Approvazione legge delega Protezione Civile

Protezione Civile: Senza risorse e progettualità specifiche è stata approvata dal Governo la legge delega alla revisione del sistema nazionale.

I lavori d’Aula di questa settimana sono iniziati con la votazione del disegno di legge delega alla revisione del sistema nazionale della PROTEZIONE CIVILE.

Una delega che prevede l’invarianza finanziaria, cioè una serie di disposizioni da attuare senza risorse. 

Le risorse, invece, sono più che mai necessarie per permettere agli uomini della protezione civile di avere a disposizione quegli strumenti necessari per intervenire in situazioni di emergenza e tutelare i cittadini. 

Servono, altresì, le risorse umane e strumentali, serve risolvere il problema del precariato.

I soldi ci sono ma vengono stanziati per infrastrutture inutili.

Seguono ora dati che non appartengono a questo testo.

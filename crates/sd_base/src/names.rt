//! What pages, keys, groups and transactions are named by.

ghost use Rattle.std.specs.Prelude.{◌≡◌, ◌≤◌};
ghost use Rattle.sd_base.specs.Places.{first_key, group_of, slot_of_key};

use crate::device::NodeId;

/// The number of a page.
#[derive(Clone, Copy, Debug, PartialEq, Eq, PartialOrd, Ord)]
pub struct PageNo(pub u32);

/// The key of a record.
#[derive(Clone, Copy, Debug, PartialEq, Eq, PartialOrd, Ord)]
pub struct Key(pub u32);

/// How many keys in a row are a group: as many as a data page has slots.
pub const KEYS_PER_GROUP: u32 = 16;

/// The highest number of a group: that of the highest key.
pub const MAX_GROUP: u32 = u32::MAX / KEYS_PER_GROUP;

impl Key {
    /// The group of the key.
    pub fn group(&self) -> GroupNo
        ensures group { result ≡ group_of self.now.0 }
        ensures high { result.0 ≤ 268435455 }
    {
        GroupNo(self.0 / KEYS_PER_GROUP)
    }

    /// The slot of the key in the page of its group.
    pub fn slot(&self) -> u8
        ensures slot { result ≡ slot_of_key self.now.0 }
        ensures high { result ≤ 15 }
    {
        (self.0 % KEYS_PER_GROUP) as u8
    }
}

/// The number of a group of records: those of sixteen keys in a row. A key's is at most 268,435,455.
#[derive(Clone, Copy, Debug, PartialEq, Eq, PartialOrd, Ord)]
pub struct GroupNo(pub u32);

impl GroupNo {
    /// The number of the group's first key. Behind the last group it's 2^32, which is no key's.
    pub fn first_key(&self) -> u64
        ensures { result ≡ first_key self.now.0 }
    {
        u64::from(KEYS_PER_GROUP) * u64::from(self.0)
    }
}

/// A transaction of an open store: the node that it runs on, and its seat there. Transactions are
/// ordered by node, then seat.
#[derive(Clone, Copy, Debug, PartialEq, Eq, PartialOrd, Ord)]
pub struct TxnId {
    /// The node that the transaction runs on.
    pub node: NodeId,
    /// The seat at that node, from 0 to 7.
    pub seat: u8,
}
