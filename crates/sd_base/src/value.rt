//! The value of a record: at most 248 bytes.

ghost use Rattle.std.specs.Prelude.{◌≡◌, ◌+◌, ◌<◌, ◌≤◌, ◌↔◌, [], ◌++◌, length, take, IsNone, IfSome};

use crate::text::put_bytes;
use std::marker::Model;

/// The value of a record: at most 248 bytes. A contract sees it as the list of its bytes.
#[derive(Clone, Copy, Debug, PartialEq, Eq)]
pub struct Value {
    len: u8,
    bytes: [u8; 248],
}

impl Model for Value {
    ghost use Rattle.std.specs.Prelude.{◌≡◌, ◌≤◌, ◌-◌, ◌++◌, ℕ, List, length, take, drop, replicate};
    ghost use Rattle.sd_base.specs.Padded.{padded_is};

    ghost Value = { List ℕ };

    ghost view = { λ v. take v.len v.bytes };

    // The bytes past the value are zero, so each value is kept in one way.
    ghost invariant = { λ v. (v.len ≤ 248) × (length v.bytes ≡ 248) × (drop v.len v.bytes ≡ replicate (248 - v.len) 0) };

    ghost inverse = { λ bytes. record { len = length bytes; bytes = bytes ++ replicate (248 - length bytes) 0 } };

    ghost inverse_ok = { λ a h. λ i. record { len = (padded_is 248 a.len a.bytes h.0 h.1 h.2).0 i; bytes = (padded_is 248 a.len a.bytes h.0 h.1 h.2).1 i } };
}

/// The value of the bytes of two parts.
fn of_parts(front: &[u8], back: &[u8]) -> Value
    requires { length front.now + length back.now ≤ 248 }
    ensures { result ≡ front.now ++ back.now }
{
    let mut bytes = [0; 248];
    put_bytes(&mut bytes, 0, front);
    put_bytes(&mut bytes, front.len(), back);
    Value {
        len: (front.len() + back.len()) as u8,
        bytes,
    }
}

impl Value {
    /// The longest value, in bytes.
    pub const MAX_LEN: usize = 248;

    /// The value of no bytes.
    pub fn empty() -> Value
        ensures { result ≡ [] }
    {
        of_parts(&[], &[])
    }

    /// The value of these bytes, unless they are too many.
    pub fn from_slice(s: &[u8]) -> Option<Value>
        ensures long { IsNone result ↔ (248 < length s.now) }
        ensures value { IfSome result (λ v. v ≡ s.now) }
    {
        if s.len() > Value::MAX_LEN {
            return None;
        }
        Some(of_parts(s, &[]))
    }

    /// The bytes of the value.
    pub fn as_slice(&self) -> &[u8]
        ensures bytes { result.now ≡ self.now }
        ensures short { length self.now ≤ 248 }
    {
        &self.bytes[..self.len as usize]
    }

    /// The first `len` bytes of the value, or all of a shorter one.
    pub fn prefix(&self, len: u8) -> Value
        ensures { result ≡ take len self.now }
    {
        let kept = self.len.min(len);
        of_parts(&self.bytes[..kept as usize], &[])
    }

    /// The bytes of the value, and these behind them. What is past 248 bytes is dropped.
    pub fn join(&self, more: &Value) -> Value
        ensures { result ≡ take 248 (self.now ++ more.now) }
    {
        let bytes = self.as_slice();
        let room = Value::MAX_LEN - bytes.len();
        of_parts(bytes, more.prefix(room as u8).as_slice())
    }
}
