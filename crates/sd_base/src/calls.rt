//! Reads, writes and barriers as calls that give up with a fault.

ghost use Rattle.std.specs.Prelude.{◌≡◌, true, false, IsTrue, IfErr, OnErr, OnOk};
ghost use Rattle.sd_base.specs.Disk.{IsPort, IsFreeFor};
ghost use Rattle.sd_base.specs.Calls.{Keeps, Narrows, NarrowsBut, NoNewWriter, NoNewWriterBut, KeepsForeign, KeepsForeignBut, Writes, CutsWrite, Covers, Settles};
ghost use Rattle.sd_base.specs.Faults.{Caused, IsStopOf, IsReadFault, StaysLive, OnStop, ReadsBlock};

use crate::device::{Block, BlockNo, Disk, NodeId, ReadAnswer, WriteAnswer};
use crate::fault::DevFault;

/// Reads a block through a port, or says why it wasn't read: the port stopped or failed, or the block
/// is lost.
pub fn read_block<D: Disk>(
    disk: &mut D,
    n: NodeId,
    at: BlockNo,
    out: &mut Block,
) -> Result<(), DevFault>
    requires port { IsPort n.0 }
    requires live { (D.state disk.old).live n.0 ≡ true }
    requires reach { (D.state disk.old).reach at.0 ≡ true }
    ensures keeps { Keeps n.0 (D.state disk.old) (D.state disk.new) }
    ensures cause { IfErr result (λ fault. Caused fault (D.state disk.old) (D.state disk.new)) }
    ensures fault { IfErr result (IsReadFault n.0 at.0) }
    ensures live { StaysLive result ((D.state disk.new).live n.0 ≡ true) }
    ensures stopped { IfErr result (λ fault. OnStop fault ((D.state disk.new).live n.0 ≡ false)) }
    ensures outcomes { IsTrue D.told → Narrows (D.state disk.old).block (D.state disk.new).block }
    ensures writers { IsTrue D.told → NoNewWriter (D.state disk.old).block (D.state disk.new).block }
    ensures foreign { IsTrue D.told → KeepsForeign n.0 (D.state disk.old).block (D.state disk.new).block }
    ensures blocks { IsTrue D.told → ReadsBlock result n.0 at.0 out.new (D.state disk.old).block (D.state disk.new).block }
{
    match disk.read(n, at, out) {
        ReadAnswer::Done => Ok(()),
        ReadAnswer::Lost => Err(DevFault::Lost(at)),
        ReadAnswer::Stopped => Err(DevFault::Stopped(n)),
        ReadAnswer::Failed => Err(DevFault::Failed(n)),
    }
}

/// Writes a block through a port, and doesn't cover it. It gives up only where the port stopped or
/// failed.
pub fn write_block<D: Disk>(
    disk: &mut D,
    n: NodeId,
    at: BlockNo,
    content: &Block,
) -> Result<(), DevFault>
    requires port { IsPort n.0 }
    requires live { (D.state disk.old).live n.0 ≡ true }
    requires reach { (D.state disk.old).reach at.0 ≡ true }
    requires free { IsTrue D.told → IsFreeFor n.0 ((D.state disk.old).block at.0) }
    ensures keeps { Keeps n.0 (D.state disk.old) (D.state disk.new) }
    ensures cause { IfErr result (λ fault. Caused fault (D.state disk.old) (D.state disk.new)) }
    ensures fault { IfErr result (IsStopOf n.0) }
    ensures live { OnOk result ((D.state disk.new).live n.0 ≡ true) }
    ensures stopped { OnErr result ((D.state disk.new).live n.0 ≡ false) }
    ensures outcomes { IsTrue D.told → NarrowsBut at.0 content.now (D.state disk.old).block (D.state disk.new).block }
    ensures writers { IsTrue D.told → NoNewWriterBut at.0 n.0 (D.state disk.old).block (D.state disk.new).block }
    ensures foreign { IsTrue D.told → KeepsForeignBut at.0 n.0 (D.state disk.old).block (D.state disk.new).block }
    ensures written { OnOk result (IsTrue D.told → Writes n.0 at.0 content.now (D.state disk.old).block (D.state disk.new).block) }
    ensures cut { OnErr result (IsTrue D.told → CutsWrite n.0 at.0 (D.state disk.old).block (D.state disk.new).block) }
{
    match disk.write(n, at, content) {
        WriteAnswer::Done => Ok(()),
        WriteAnswer::Stopped => Err(DevFault::Stopped(n)),
        WriteAnswer::Failed => Err(DevFault::Failed(n)),
    }
}

/// Covers all that a port has written. It gives up only where the port stopped or failed.
pub fn cover<D: Disk>(disk: &mut D, n: NodeId) -> Result<(), DevFault>
    requires port { IsPort n.0 }
    requires live { (D.state disk.old).live n.0 ≡ true }
    ensures keeps { Keeps n.0 (D.state disk.old) (D.state disk.new) }
    ensures cause { IfErr result (λ fault. Caused fault (D.state disk.old) (D.state disk.new)) }
    ensures fault { IfErr result (IsStopOf n.0) }
    ensures live { OnOk result ((D.state disk.new).live n.0 ≡ true) }
    ensures stopped { OnErr result ((D.state disk.new).live n.0 ≡ false) }
    ensures outcomes { IsTrue D.told → Narrows (D.state disk.old).block (D.state disk.new).block }
    ensures writers { IsTrue D.told → NoNewWriter (D.state disk.old).block (D.state disk.new).block }
    ensures foreign { IsTrue D.told → KeepsForeign n.0 (D.state disk.old).block (D.state disk.new).block }
    ensures covered { OnOk result (IsTrue D.told → Covers n.0 (D.state disk.old).block (D.state disk.new).block) }
    ensures cut { OnErr result (IsTrue D.told → Settles n.0 (D.state disk.old).block (D.state disk.new).block) }
{
    match disk.barrier(n) {
        WriteAnswer::Done => Ok(()),
        WriteAnswer::Stopped => Err(DevFault::Stopped(n)),
        WriteAnswer::Failed => Err(DevFault::Failed(n)),
    }
}
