//! The block with a node's anchor: where its log starts, or what is kept of it on the vault.

ghost use Rattle.std.specs.Prelude.{◌≡◌, ℕ, Some, IfSome};
ghost use Rattle.sd_base.specs.Anchors.{anchor_magic, anchor_text, IsAnchorNumber};

use crate::device::{Block, NodeId};
use crate::text::{put_bytes, put_u64, u64_at};

/// The highest number of a log block that an anchor may have, in the format of docs/FORMATS.md.
pub const MAX_ANCHOR: u64 = 1 << 56;

fn magic_of(vault: bool) -> &'static [u8; 8]
    ensures { result.now ≡ anchor_magic vault }
{
    if vault { b"SDVANCHR" } else { b"SDANCHOR" }
}

/// Writes the anchor of a node: for the disk with the number of the log block that its log starts
/// with, for the vault with that of the first log block which is kept there. The format is in
/// docs/FORMATS.md.
pub fn write_anchor(n: NodeId, vault: bool, number: u64, out: &mut Block)
    requires { IsAnchorNumber number }
    ensures { out.new ≡ anchor_text vault n.0 number }
{
    *out = [0; 4096];
    put_bytes(out, 0, magic_of(vault));
    put_bytes(out, 8, &[n.0]);
    put_u64(out, 16, number);
}

/// Reads the number in the anchor of a node, of the vault or of the disk. `None` exactly where the
/// block isn't that anchor.
pub fn parse_anchor(block: &Block, vault: bool, n: NodeId) -> Option<u64>
    ensures found { IfSome result (λ number. IsAnchorNumber number × (block.now ≡ anchor_text vault n.0 number)) }
    ensures only { (number : ℕ) → IsAnchorNumber number → block.now ≡ anchor_text vault n.0 number → result ≡ Some number }
{
    let number = u64_at(block, 16);
    if number > MAX_ANCHOR {
        return None;
    }
    let mut text = [0; 4096];
    write_anchor(n, vault, number, &mut text);
    if text == *block { Some(number) } else { None }
}
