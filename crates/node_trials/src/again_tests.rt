//! A seat is used again: after a commit, after an abort, and beside other transactions.

use crate::reading::{check_log, check_page};
use crate::records::{PAGE, abort, commit, of, restore, set};
use crate::seat_bench::SeatBench;
use crate::steps::{Act, Step, row, run};
use crate::store::{MAP, new_bench};
use log_record::LogRecord;
use std::process::Abort;
use std::test::Fail;

/// A transaction begins in seat 4 after one was committed there, after one was taken back, and beside one
/// in a lower seat that began before it.
fn steps() -> [Step; 12] {
    [
        row(4, Act::Begin, 1, Some(0), &[4]),
        row(4, Act::Commit, 0, None, &[]),
        row(4, Act::Begin, 1, Some(2), &[4]),
        row(4, Act::Put(0, b"x"), 2, Some(2), &[4]),
        row(4, Act::TakeBack(3), 1, Some(2), &[4]),
        row(4, Act::EndAbort, 0, None, &[]),
        row(4, Act::Begin, 1, Some(6), &[4]),
        row(1, Act::Begin, 2, Some(6), &[1, 4]),
        row(4, Act::Commit, 1, Some(7), &[1]),
        row(4, Act::Begin, 2, Some(7), &[1, 4]),
        row(1, Act::Commit, 1, Some(9), &[4]),
        row(4, Act::EndAbort, 0, None, &[]),
    ]
}

/// What is in the log then.
fn records(rt: &impl Abort) -> [LogRecord; 12] {
    [
        LogRecord::Begin,
        commit(0, 0),
        LogRecord::Begin,
        set(rt, of(2, 2, 5), 0, None, Some(b"x")),
        restore(rt, of(2, 3, 6), 2, 0, None),
        abort(2, 4),
        LogRecord::Begin,
        LogRecord::Begin,
        commit(6, 6),
        LogRecord::Begin,
        commit(7, 7),
        abort(9, 9),
    ]
}

#[test]
fn a_seat_begins_again(rt: HostRuntime) -> Result<(), Fail> {
    let mut bench = SeatBench::new(new_bench(rt.alloc(), 1)?);
    bench.fetch_all(&rt, &[MAP, PAGE]);
    run(&rt, &mut bench, &steps());
    check_page(&rt, &bench.bench, 7, &[]);
    let mut remains = bench.end(0);
    check_log(&rt, &mut remains.disk, &records(&rt))?;
    Ok(())
}
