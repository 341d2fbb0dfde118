//! The changes that a page can undergo.

use crate::names::GroupNo;
use crate::value::Value;

/// A change of one slot of a data page, or of one entry of a map page. The slots are numbered from
/// 0 to 15, and the entries from 0 to 251.
#[derive(Clone, Copy, Debug, PartialEq, Eq)]
pub enum PageOp {
    /// The slot holds this value from now on, or none.
    Put { slot: u8, after: Option<Value> },
    /// The slot's value gets these bytes behind its own, and what is past 248 bytes is dropped.
    /// An absent slot counts as empty.
    Append { slot: u8, bytes: Value },
    /// If `present`, the slot keeps the first `len` bytes of its value, or all of a shorter one.
    /// An absent slot counts as empty, and so becomes present. Otherwise the slot becomes absent.
    Cut { slot: u8, present: bool, len: u8 },
    /// The map entry at this place becomes used by a group. It keeps its identifier.
    MapUse { place: u8, group: GroupNo },
    /// The map entry at this place becomes free, with this identifier.
    MapFree { place: u8, ident: u64 },
}
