//! The first block of a device of a store, which holds the store's shape.

ghost use Rattle.std.specs.Prelude.{◌≡◌, IfSome};
ghost use Rattle.sd_base.specs.Shape.{IsShape};
ghost use Rattle.sd_base.specs.declared.shape.Shape.{Shape};
ghost use Rattle.sd_base.specs.Supers.{magic, super_text, HasFields};

use crate::device::Block;
use crate::shape::Shape;
use crate::text::{put_bytes, put_u32, put_u64, u32_at, u64_at};

fn magic_of(vault: bool) -> &'static [u8; 8]
    ensures { result.now ≡ magic vault }
{
    if vault { b"SDVAULT1" } else { b"SDSTORE1" }
}

/// Writes the super of a shape, for the vault or for the disk.
pub fn write_super(s: &Shape, vault: bool, out: &mut Block)
    requires { IsShape s.now }
    ensures { out.new ≡ super_text vault s.now }
{
    *out = [0; 4096];
    put_bytes(out, 0, magic_of(vault));
    put_u32(out, 8, 1);
    put_u32(out, 12, u32::from(s.nodes));
    put_u32(out, 16, s.ring);
    put_u32(out, 20, s.maps);
    put_u32(out, 24, s.keep);
    put_u64(out, 32, s.birth);
}

/// The shape whose numbers stand in a block, if they are in their ranges.
fn shape_at(block: &Block) -> Option<Shape>
    ensures valid { IfSome result IsShape }
    ensures read { (s : Shape) → IsShape s → HasFields s block.now → result ≡ Some s }
{
    let nodes = u32_at(block, 12);
    // Tested here, before the number becomes a byte.
    if nodes > 8 {
        return None;
    }
    let shape = Shape {
        nodes: nodes as u8,
        ring: u32_at(block, 16),
        maps: u32_at(block, 20),
        keep: u32_at(block, 24),
        birth: u64_at(block, 32),
    };
    if shape.is_valid() { Some(shape) } else { None }
}

/// Reads the super of the vault or of the disk. `None` exactly where the block isn't one.
pub fn parse_super(block: &Block, vault: bool) -> Option<Shape>
    ensures found { IfSome result (λ s. IsShape s × (block.now ≡ super_text vault s)) }
    ensures only { (s : Shape) → IsShape s → block.now ≡ super_text vault s → result ≡ Some s }
{
    let shape = shape_at(block)?;
    let mut text = [0; 4096];
    write_super(&shape, vault, &mut text);
    if text == *block { Some(shape) } else { None }
}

Nel provvedimento si parla anche di deroghe, deroghe sulla gestione dei rifiuti, delle macerie, in barba alla tutela della salute e dell’ambiente.

Altro tema affrontato è quello dei piani comunali di protezione civile. Il M5S ha chiesto sanzioni per i Comuni inadempienti, invece nel provvedimento non se ne parla, ma è stato approvato nostro emendamento che riguarda la revisione e valutazione periodica di questi piani. 

Abbiamo fatto diverse altre proposte e chiesto agevolazioni e contributi.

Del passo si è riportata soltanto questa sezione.